# Task objective:
The word "HasGroups" marks the lines to find; copy every such line from the data below.

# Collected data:

--- START ---

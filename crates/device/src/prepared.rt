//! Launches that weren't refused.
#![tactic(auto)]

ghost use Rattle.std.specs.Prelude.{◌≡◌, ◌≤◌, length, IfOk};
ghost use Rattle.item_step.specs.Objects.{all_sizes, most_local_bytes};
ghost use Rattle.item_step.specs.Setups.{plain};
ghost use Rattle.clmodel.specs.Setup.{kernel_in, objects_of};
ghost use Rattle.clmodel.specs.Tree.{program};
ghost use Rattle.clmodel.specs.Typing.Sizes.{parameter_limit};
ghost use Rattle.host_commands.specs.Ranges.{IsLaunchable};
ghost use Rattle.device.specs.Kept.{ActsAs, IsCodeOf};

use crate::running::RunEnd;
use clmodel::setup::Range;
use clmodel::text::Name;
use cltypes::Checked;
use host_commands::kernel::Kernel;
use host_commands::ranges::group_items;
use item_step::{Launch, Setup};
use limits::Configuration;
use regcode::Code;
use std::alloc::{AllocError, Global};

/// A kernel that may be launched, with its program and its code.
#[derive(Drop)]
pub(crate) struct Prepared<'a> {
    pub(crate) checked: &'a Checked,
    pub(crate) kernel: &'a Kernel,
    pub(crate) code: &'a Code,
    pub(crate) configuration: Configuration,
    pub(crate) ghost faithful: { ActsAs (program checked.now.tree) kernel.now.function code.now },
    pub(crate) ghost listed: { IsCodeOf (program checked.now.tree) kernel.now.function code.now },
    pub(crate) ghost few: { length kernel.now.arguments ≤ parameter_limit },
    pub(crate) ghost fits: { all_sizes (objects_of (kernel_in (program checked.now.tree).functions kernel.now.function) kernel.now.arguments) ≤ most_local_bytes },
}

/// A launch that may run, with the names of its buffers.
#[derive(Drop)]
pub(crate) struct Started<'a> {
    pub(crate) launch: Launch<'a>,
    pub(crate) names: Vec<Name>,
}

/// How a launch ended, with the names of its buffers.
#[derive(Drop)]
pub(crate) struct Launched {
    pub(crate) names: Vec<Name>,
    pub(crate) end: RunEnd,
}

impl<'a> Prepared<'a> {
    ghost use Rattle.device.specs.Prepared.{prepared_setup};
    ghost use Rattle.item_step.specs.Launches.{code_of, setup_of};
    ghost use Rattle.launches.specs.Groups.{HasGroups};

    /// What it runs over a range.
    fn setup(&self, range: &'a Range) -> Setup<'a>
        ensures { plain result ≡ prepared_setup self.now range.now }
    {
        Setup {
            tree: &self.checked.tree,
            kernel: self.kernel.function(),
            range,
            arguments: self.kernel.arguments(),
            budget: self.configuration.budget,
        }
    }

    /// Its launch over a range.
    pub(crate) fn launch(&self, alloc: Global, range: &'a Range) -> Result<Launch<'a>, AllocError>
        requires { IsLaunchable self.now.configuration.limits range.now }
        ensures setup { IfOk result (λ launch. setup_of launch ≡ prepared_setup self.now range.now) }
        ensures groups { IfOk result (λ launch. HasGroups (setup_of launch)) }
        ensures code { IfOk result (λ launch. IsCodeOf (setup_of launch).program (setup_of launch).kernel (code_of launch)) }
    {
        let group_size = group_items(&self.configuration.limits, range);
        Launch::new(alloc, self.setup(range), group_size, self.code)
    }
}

--- END ---

# Solution:
    ghost use Rattle.launches.specs.Groups.{HasGroups};
        ensures groups { IfOk result (λ launch. HasGroups (setup_of launch)) }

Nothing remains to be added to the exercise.